Brief =
Return exactly the lines of the entries, from the one with "time, changed.as_slice(), out)" to the last.

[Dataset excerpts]
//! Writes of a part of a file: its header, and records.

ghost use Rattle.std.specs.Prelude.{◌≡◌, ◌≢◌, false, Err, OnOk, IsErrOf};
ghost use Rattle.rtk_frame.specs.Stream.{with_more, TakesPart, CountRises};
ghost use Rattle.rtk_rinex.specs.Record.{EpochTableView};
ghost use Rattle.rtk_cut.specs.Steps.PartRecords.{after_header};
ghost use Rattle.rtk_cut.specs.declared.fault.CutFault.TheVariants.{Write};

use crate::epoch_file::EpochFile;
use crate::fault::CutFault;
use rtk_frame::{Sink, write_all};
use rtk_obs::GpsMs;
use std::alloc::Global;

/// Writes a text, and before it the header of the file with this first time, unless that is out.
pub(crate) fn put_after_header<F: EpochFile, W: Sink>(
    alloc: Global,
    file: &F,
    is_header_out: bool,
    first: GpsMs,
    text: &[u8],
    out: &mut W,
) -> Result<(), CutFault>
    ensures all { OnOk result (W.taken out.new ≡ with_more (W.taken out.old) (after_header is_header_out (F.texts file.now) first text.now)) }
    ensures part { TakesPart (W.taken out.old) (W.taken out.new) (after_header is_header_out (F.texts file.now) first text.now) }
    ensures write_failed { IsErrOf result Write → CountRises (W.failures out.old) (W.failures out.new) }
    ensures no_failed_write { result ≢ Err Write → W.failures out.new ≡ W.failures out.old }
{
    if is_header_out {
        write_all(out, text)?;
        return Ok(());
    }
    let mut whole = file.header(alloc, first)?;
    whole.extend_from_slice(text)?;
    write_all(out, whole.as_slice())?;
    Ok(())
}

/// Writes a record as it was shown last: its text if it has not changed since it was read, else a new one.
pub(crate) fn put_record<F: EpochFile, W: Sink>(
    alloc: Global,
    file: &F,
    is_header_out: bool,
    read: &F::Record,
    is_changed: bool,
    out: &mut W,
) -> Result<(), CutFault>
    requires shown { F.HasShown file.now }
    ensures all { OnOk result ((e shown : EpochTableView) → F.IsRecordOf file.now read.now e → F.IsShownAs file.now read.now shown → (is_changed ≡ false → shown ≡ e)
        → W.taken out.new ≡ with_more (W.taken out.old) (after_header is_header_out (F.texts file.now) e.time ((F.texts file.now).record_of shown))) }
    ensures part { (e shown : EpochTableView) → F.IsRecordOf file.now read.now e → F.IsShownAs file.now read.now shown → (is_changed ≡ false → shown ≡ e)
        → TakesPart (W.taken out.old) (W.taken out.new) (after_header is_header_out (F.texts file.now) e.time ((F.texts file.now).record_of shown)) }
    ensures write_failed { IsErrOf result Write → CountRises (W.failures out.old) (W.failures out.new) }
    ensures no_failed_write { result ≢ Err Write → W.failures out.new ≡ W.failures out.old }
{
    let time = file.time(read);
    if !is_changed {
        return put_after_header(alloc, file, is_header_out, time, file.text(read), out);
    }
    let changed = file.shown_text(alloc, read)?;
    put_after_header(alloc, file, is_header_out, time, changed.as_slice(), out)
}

Problem solution =
    put_after_header(alloc, file, is_header_out, time, changed.as_slice(), out)
}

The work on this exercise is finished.